WhatWouldTheDoctorDo · 06/02/2022 23:59

I once sorted lego while toy story three was on. I was the only person in the house, and it didn't occur to me it was a bit strange.

NewbieDivergent · 07/02/2022 00:01

I've forgotten what my actual name is.
I can't remember the last time I had to cook only one type of meal for 3 people.
I have more fluffy toys in my house than an arcade of grabber machines.
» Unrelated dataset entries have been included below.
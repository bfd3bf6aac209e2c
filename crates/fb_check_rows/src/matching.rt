//! The rows of a certificate against those that a system must have.

ghost use Rattle.std.specs.Prelude.{◌≡◌, [], IfErr, OnOk};
ghost use Rattle.std.specs.List.{AllByRecursion};
ghost use Rattle.fb_model.specs.System.{System};
ghost use Rattle.fb_model.specs.Certificates.{AllRows, with_repeats};
ghost use Rattle.fb_model_laws.specs.Words.{IsWordyDevice};
ghost use Rattle.fb_types_blocks.specs.Views.{names_of};
ghost use Rattle.fb_flat.specs.Tables.{AreDevices};
ghost use Rattle.fb_cert.specs.Views.{rows_of, certificate_of};
ghost use Rattle.fb_check_rows.specs.Members.{AreAmong, HasSame};
ghost use Rattle.fb_check_rows.specs.Texts.{paths_of, texts_of, HaveSameRows, HaveOtherRows, HaveSameOwn, HaveSameFar};
ghost use Rattle.fb_check_rows.specs.Faults.{IsDifference, IsRowFault};

use crate::channel::channels_match;
use crate::kind::{PathRows, RowKind, has_row, path_at, row_count};
use crate::requirement::required;
use fb_cert::Certificate;
use fb_faults::RowFault;
use fb_flat::Flat;
use indexmap::IndexSet;
use std::alloc::Global;

// Each of these rows stands in the certificate.
fn none_missing(
    kind: PathRows,
    rows: &IndexSet<String>,
    certificate: &Certificate,
) -> Result<(), RowFault>
    ensures there { OnOk result (AreAmong (names_of rows.now) (paths_of kind (rows_of certificate.now))) }
    ensures refused { IfErr result (IsDifference (names_of rows.now) (paths_of kind (rows_of certificate.now))) }
{
    for index in 0..rows.len() {
        let Some(row) = rows.get_index(index) else {
            return Ok(());
        };
        if !has_row(certificate, kind, row.as_str()) {
            return Err(RowFault::Missing(row.clone()?));
        }
    }
    Ok(())
}

// Each row of the certificate is one of these.
fn none_unknown(
    alloc: Global,
    kind: PathRows,
    rows: &IndexSet<String>,
    certificate: &Certificate,
) -> Result<(), RowFault>
    ensures there { OnOk result (AreAmong (paths_of kind (rows_of certificate.now)) (names_of rows.now)) }
    ensures refused { IfErr result (IsDifference (names_of rows.now) (paths_of kind (rows_of certificate.now))) }
{
    for index in 0..row_count(certificate, kind) {
        let Some(path) = path_at(certificate, kind, index) else {
            return Ok(());
        };
        if !rows.contains(path) {
            return Err(RowFault::Unknown(String::from_str(alloc, path)?));
        }
    }
    Ok(())
}

// These rows of the certificate are those of a kind that the system must have.
fn kind_matches(
    alloc: Global,
    kind: RowKind,
    given: PathRows,
    flat: &Flat,
    certificate: &Certificate,
) -> Result<(), RowFault>
    ensures same { OnOk result (HasSame (paths_of given (rows_of certificate.now)) (texts_of kind flat.now.devices.items)) }
    ensures refused { IfErr result (IsDifference (texts_of kind flat.now.devices.items) (paths_of given (rows_of certificate.now))) }
{
    let rows = required(alloc, kind, flat)?;
    none_missing(given, &rows, certificate)?;
    none_unknown(alloc, given, &rows, certificate)
}

// The certificate has no such rows.
fn none_given(alloc: Global, given: PathRows, certificate: &Certificate) -> Result<(), RowFault>
    ensures same { OnOk result (HasSame (paths_of given (rows_of certificate.now)) []) }
    ensures refused { IfErr result (IsDifference [] (paths_of given (rows_of certificate.now))) }
{
    match path_at(certificate, given, 0) {
        Some(path) => Err(RowFault::Unknown(String::from_str(alloc, path)?)),
        None => Ok(()),
    }
}

// The same where there is a row REPEATS; else there are no such rows.
fn far_matches(
    alloc: Global,
    kind: RowKind,
    given: PathRows,
    flat: &Flat,
    certificate: &Certificate,
) -> Result<(), RowFault>
    ensures same { OnOk result (HasSame (paths_of given (rows_of certificate.now)) (with_repeats (rows_of certificate.now).repeats (texts_of kind flat.now.devices.items))) }
    ensures refused { IfErr result (IsDifference (with_repeats (rows_of certificate.now).repeats (texts_of kind flat.now.devices.items)) (paths_of given (rows_of certificate.now))) }
{
    match certificate.repeats() {
        Some(_) => kind_matches(alloc, kind, given, flat, certificate),
        None => none_given(alloc, given, certificate),
    }
}

// The rows without the network are the same.
fn own_match(alloc: Global, flat: &Flat, certificate: &Certificate) -> Result<(), RowFault>
    ensures same { OnOk result (HaveSameOwn flat.now.devices.items (rows_of certificate.now)) }
    ensures refused { IfErr result (HaveOtherRows flat.now.devices.items (rows_of certificate.now)) }
{
    kind_matches(alloc, RowKind::Charge, PathRows::Charges, flat, certificate)?;
    kind_matches(alloc, RowKind::Weight, PathRows::Weights, flat, certificate)?;
    kind_matches(alloc, RowKind::Range, PathRows::Ranges, flat, certificate)?;
    kind_matches(alloc, RowKind::Depth, PathRows::Depths, flat, certificate)
}

// Those of the network are the same: FAR where WEIGHT, and FARSTATE where CHARGE.
fn network_matches(alloc: Global, flat: &Flat, certificate: &Certificate) -> Result<(), RowFault>
    ensures same { OnOk result (HaveSameFar flat.now.devices.items (rows_of certificate.now)) }
    ensures refused { IfErr result (HaveOtherRows flat.now.devices.items (rows_of certificate.now)) }
{
    far_matches(alloc, RowKind::Weight, PathRows::Fars, flat, certificate)?;
    far_matches(
        alloc,
        RowKind::Charge,
        PathRows::FarStates,
        flat,
        certificate,
    )?;
    channels_match(alloc, flat, certificate)
}

// The rows are the same, kind by kind.
fn compare(alloc: Global, flat: &Flat, certificate: &Certificate) -> Result<(), RowFault>
    ensures same { OnOk result (HaveSameRows flat.now.devices.items (rows_of certificate.now)) }
    ensures refused { IfErr result (HaveOtherRows flat.now.devices.items (rows_of certificate.now)) }
{
    own_match(alloc, flat, certificate)?;
    network_matches(alloc, flat, certificate)
}

/// The certificate has each row that the system must have, and no other.
pub fn rows_match(alloc: Global, flat: &Flat, certificate: &Certificate) -> Result<(), RowFault>
    ensures rows { (s : System) → AreDevices flat.now.devices.items s.devices → AllByRecursion IsWordyDevice s.devices → OnOk result (AllRows s (certificate_of certificate.now)) }
    ensures refused { (s : System) → AreDevices flat.now.devices.items s.devices → AllByRecursion IsWordyDevice s.devices → IfErr result (IsRowFault s (certificate_of certificate.now)) }
{
    certificate.stands_in_text();
    compare(alloc, flat, certificate)
}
MollyBloomYes · 07/02/2022 00:22

I get unreasonably excited when I discover previously unwatched episodes of Henry Danger on the sky box

I couldn't understand why the toilet kept snelling so bad despite copious scrubbing and bleaching until I discovered a cereal bowl full of piss hidden behind the cistern and pipes 🤢 At least it was easier to tip it into the toilet unlike the waste paper bin full of piss I found in the living room a few months ago. I don't want to consider what sort of deep rooted issues this may indicate just yet.

hoteltango · 07/02/2022 00:35

I can hold three different conversations at once.

(DS: Work.
DD: DGS's dinner.
DGS: How to get Penguins of Madagascar on my TV.
I'm 72. I haven't lost the art.)

Allthekittycats · 07/02/2022 00:37

This morning I heard myself say (at a slightly elevated volume) “We don’t clean fire engines with our toothbrush!”

StiltonVanDeKamp · 07/02/2022 00:38

There's a small pile of 'swords' aka sticks in my porch that I'm not allowed to throw away

Houseofvelour · 07/02/2022 01:30

@Bali76

I had to go to a and e for a suspected fractured foot, I enjoyed the 3 hour wait, felt like a mini holiday!
This!! I had to have emergency surgery and the stay in the hospital was like being at a hotel. I got full nights of sleep and everything!
Glorieta · 07/02/2022 02:36

Washing my hair AND conditioning without any interruption feels like a spa day

HirplesWithHaggis · 07/02/2022 02:53

@GypsyRoseGarden

I use the phrase "I'm not angry, I'm disappointed"
Grin Grin Grin

I used that on my teenagers. Ds2 clicked in his early 20's and now uses it on his own son.